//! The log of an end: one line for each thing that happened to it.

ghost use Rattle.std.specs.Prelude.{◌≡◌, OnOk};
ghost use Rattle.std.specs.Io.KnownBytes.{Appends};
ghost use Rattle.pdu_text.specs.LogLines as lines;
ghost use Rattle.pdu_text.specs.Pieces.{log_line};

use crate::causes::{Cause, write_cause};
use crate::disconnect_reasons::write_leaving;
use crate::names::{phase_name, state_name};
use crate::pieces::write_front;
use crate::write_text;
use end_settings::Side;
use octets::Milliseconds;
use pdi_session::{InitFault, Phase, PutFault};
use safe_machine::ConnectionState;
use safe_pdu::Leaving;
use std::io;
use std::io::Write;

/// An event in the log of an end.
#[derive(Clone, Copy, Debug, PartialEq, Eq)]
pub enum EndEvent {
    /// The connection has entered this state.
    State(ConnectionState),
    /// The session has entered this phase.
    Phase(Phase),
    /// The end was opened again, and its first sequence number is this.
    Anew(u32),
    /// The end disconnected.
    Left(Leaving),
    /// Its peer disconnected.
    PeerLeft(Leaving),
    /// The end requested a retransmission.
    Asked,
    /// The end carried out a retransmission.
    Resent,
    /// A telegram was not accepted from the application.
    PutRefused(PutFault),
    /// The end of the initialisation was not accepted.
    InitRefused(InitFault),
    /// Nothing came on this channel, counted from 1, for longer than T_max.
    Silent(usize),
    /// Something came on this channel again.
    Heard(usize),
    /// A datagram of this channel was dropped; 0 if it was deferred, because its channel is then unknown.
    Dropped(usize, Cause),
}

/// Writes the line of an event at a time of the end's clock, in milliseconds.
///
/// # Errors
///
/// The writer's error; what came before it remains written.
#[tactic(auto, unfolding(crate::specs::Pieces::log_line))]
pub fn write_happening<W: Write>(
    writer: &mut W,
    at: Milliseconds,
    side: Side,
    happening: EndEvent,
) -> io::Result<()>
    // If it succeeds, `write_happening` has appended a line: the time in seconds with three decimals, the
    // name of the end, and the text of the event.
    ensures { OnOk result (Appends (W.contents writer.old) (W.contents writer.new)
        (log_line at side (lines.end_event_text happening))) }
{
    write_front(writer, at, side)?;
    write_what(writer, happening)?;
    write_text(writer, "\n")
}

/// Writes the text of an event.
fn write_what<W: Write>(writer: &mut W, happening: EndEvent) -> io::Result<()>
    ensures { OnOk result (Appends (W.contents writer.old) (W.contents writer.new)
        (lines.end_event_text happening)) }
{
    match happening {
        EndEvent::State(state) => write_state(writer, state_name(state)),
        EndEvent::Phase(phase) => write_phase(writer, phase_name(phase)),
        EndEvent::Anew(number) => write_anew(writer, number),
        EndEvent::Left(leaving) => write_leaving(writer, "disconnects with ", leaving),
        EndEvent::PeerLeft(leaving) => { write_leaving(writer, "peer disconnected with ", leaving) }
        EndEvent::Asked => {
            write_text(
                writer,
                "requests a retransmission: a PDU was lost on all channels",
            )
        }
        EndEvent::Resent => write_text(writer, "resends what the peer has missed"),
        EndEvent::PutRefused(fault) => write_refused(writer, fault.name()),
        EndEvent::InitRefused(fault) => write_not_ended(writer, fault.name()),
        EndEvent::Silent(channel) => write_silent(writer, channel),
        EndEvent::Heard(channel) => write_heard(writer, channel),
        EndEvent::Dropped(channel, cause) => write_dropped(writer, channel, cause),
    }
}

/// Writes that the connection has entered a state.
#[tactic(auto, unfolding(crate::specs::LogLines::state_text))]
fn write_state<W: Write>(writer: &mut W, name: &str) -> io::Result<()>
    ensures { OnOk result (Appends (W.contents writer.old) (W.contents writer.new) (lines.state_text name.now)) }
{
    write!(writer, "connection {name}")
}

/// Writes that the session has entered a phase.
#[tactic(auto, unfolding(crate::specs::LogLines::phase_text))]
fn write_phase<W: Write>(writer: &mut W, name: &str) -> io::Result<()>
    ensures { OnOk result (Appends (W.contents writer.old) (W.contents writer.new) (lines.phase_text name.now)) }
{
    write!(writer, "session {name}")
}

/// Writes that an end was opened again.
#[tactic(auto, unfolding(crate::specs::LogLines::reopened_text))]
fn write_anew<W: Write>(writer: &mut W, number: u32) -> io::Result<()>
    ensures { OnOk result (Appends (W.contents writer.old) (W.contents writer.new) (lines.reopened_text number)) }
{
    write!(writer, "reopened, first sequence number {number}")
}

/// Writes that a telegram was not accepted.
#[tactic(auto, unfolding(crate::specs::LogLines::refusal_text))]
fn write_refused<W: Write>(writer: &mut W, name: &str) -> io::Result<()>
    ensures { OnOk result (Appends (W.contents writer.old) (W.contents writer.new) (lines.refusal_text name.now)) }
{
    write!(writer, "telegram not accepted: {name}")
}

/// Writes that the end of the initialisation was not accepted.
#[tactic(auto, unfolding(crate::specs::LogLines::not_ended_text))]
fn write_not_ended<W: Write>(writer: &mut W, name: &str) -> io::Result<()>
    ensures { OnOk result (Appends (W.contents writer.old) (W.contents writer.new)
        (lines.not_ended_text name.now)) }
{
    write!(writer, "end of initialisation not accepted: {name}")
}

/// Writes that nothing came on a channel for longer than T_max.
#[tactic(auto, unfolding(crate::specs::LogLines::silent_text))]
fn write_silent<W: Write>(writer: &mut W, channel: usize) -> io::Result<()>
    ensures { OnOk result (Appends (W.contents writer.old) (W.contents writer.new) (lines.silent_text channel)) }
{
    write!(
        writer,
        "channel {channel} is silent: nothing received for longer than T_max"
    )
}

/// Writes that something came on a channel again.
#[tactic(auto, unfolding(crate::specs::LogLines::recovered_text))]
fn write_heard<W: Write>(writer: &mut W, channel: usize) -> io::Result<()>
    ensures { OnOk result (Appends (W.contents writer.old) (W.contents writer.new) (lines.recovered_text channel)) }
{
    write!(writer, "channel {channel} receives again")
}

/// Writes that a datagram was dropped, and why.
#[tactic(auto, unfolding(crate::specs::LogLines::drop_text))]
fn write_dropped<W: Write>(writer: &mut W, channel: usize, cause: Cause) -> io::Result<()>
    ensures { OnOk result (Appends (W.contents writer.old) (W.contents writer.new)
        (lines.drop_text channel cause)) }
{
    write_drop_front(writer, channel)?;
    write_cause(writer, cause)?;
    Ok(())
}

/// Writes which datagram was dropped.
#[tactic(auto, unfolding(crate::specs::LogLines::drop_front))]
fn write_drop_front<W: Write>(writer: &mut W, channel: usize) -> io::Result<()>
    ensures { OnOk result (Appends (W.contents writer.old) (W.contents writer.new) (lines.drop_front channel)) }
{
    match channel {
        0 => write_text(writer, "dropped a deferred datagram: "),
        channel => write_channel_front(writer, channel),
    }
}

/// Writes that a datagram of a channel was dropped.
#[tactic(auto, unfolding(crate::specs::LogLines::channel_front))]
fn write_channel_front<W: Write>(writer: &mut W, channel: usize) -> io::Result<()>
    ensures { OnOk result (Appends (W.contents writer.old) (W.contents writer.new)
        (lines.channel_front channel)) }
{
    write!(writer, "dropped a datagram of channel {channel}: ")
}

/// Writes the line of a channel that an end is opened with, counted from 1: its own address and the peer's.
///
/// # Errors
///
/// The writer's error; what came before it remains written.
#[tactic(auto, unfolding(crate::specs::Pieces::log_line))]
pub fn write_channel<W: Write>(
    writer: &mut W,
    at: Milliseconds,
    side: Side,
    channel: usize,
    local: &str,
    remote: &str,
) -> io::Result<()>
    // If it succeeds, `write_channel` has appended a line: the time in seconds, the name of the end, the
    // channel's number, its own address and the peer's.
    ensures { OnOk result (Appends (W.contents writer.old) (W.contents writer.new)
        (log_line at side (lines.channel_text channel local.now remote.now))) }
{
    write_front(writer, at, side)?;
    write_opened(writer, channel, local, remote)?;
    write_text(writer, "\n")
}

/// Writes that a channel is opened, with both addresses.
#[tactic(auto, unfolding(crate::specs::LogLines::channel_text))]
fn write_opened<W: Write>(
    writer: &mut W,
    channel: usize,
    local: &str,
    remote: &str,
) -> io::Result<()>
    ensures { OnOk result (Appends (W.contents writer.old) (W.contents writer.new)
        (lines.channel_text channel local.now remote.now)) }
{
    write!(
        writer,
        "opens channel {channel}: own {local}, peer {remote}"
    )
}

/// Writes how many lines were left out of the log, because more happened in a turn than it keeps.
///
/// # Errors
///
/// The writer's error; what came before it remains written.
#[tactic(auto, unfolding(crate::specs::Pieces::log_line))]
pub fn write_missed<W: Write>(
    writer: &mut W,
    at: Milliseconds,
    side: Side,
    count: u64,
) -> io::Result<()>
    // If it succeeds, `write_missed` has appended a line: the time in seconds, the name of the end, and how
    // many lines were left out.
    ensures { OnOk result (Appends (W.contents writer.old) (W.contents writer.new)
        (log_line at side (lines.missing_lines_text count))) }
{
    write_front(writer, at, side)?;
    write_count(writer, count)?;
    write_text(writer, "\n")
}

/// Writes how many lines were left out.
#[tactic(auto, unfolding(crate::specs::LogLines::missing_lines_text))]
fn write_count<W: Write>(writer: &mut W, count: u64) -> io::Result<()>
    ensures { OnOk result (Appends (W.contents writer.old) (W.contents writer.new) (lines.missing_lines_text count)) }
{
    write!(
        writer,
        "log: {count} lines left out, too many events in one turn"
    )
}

------------------------------------------------------------------------

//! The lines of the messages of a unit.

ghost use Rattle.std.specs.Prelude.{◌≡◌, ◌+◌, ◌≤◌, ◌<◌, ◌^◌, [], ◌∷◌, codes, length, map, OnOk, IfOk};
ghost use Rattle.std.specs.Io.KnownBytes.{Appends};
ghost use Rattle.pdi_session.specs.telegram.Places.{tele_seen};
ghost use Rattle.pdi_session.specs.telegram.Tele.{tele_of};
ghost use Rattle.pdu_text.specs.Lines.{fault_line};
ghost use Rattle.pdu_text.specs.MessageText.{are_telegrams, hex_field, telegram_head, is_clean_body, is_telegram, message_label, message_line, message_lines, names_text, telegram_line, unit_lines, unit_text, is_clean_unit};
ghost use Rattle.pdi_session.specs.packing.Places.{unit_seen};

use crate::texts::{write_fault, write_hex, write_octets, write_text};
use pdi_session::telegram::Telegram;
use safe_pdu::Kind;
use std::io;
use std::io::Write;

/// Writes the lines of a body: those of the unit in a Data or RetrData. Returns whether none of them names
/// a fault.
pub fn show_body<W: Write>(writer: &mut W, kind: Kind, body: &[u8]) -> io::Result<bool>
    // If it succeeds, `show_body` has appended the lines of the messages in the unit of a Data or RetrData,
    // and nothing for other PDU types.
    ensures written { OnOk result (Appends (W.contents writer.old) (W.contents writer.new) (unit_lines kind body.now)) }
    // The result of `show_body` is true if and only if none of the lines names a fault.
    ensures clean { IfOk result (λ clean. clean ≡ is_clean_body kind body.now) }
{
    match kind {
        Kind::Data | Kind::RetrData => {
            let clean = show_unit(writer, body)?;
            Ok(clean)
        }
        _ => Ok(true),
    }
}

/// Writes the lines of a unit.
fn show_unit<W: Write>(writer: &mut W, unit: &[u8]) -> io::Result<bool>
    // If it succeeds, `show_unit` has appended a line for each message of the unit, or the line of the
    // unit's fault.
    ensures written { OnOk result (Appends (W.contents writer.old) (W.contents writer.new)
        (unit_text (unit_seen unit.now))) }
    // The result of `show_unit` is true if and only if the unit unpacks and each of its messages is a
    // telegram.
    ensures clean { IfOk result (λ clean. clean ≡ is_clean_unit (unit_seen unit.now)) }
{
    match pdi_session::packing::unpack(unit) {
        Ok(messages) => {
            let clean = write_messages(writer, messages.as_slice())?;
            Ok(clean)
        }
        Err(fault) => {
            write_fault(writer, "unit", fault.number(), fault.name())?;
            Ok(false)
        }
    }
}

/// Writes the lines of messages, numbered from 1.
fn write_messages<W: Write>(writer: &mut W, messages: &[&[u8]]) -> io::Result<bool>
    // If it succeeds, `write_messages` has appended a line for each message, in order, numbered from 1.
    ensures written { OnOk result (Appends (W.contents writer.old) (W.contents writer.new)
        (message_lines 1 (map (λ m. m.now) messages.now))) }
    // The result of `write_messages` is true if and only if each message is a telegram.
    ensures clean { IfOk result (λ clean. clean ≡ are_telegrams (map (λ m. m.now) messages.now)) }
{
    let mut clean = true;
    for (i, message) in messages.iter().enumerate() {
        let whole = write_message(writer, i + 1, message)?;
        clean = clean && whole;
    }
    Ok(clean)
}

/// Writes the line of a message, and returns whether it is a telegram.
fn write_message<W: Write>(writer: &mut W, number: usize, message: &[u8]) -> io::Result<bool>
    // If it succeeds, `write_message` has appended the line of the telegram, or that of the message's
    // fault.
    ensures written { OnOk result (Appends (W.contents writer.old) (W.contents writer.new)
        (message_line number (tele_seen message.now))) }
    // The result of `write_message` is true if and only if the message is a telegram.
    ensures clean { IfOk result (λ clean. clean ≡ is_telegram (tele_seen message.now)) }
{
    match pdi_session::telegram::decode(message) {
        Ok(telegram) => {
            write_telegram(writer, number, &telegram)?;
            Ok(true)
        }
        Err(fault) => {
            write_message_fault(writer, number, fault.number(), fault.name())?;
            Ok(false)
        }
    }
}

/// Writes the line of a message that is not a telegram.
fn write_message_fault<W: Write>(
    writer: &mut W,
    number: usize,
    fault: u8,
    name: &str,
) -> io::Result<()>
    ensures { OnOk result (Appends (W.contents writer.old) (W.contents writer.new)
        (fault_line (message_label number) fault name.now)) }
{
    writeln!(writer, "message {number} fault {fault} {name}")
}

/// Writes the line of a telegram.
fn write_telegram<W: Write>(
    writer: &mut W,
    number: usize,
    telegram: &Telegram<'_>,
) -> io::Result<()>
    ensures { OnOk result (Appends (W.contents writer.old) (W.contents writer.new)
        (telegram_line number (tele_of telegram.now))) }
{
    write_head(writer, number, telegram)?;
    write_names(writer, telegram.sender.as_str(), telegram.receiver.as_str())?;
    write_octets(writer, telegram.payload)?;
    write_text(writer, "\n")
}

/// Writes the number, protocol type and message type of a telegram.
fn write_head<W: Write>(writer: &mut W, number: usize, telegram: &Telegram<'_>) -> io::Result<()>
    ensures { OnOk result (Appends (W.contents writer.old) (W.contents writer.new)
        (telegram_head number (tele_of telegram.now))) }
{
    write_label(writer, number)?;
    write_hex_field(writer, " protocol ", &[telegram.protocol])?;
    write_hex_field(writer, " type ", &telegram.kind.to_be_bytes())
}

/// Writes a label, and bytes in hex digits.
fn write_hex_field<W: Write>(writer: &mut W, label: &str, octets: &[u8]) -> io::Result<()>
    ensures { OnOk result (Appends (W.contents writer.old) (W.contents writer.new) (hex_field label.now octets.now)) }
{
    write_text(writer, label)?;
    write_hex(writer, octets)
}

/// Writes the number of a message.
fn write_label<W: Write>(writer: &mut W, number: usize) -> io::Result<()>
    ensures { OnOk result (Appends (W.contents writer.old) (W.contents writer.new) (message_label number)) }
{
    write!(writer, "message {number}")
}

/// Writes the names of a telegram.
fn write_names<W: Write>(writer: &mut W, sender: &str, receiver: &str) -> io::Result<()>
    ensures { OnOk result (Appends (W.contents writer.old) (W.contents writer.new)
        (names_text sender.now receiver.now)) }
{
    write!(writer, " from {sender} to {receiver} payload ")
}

------------------------------------------------------------------------

Examine the listing above and state the number of lines that contain the word "because", with no further remarks.

2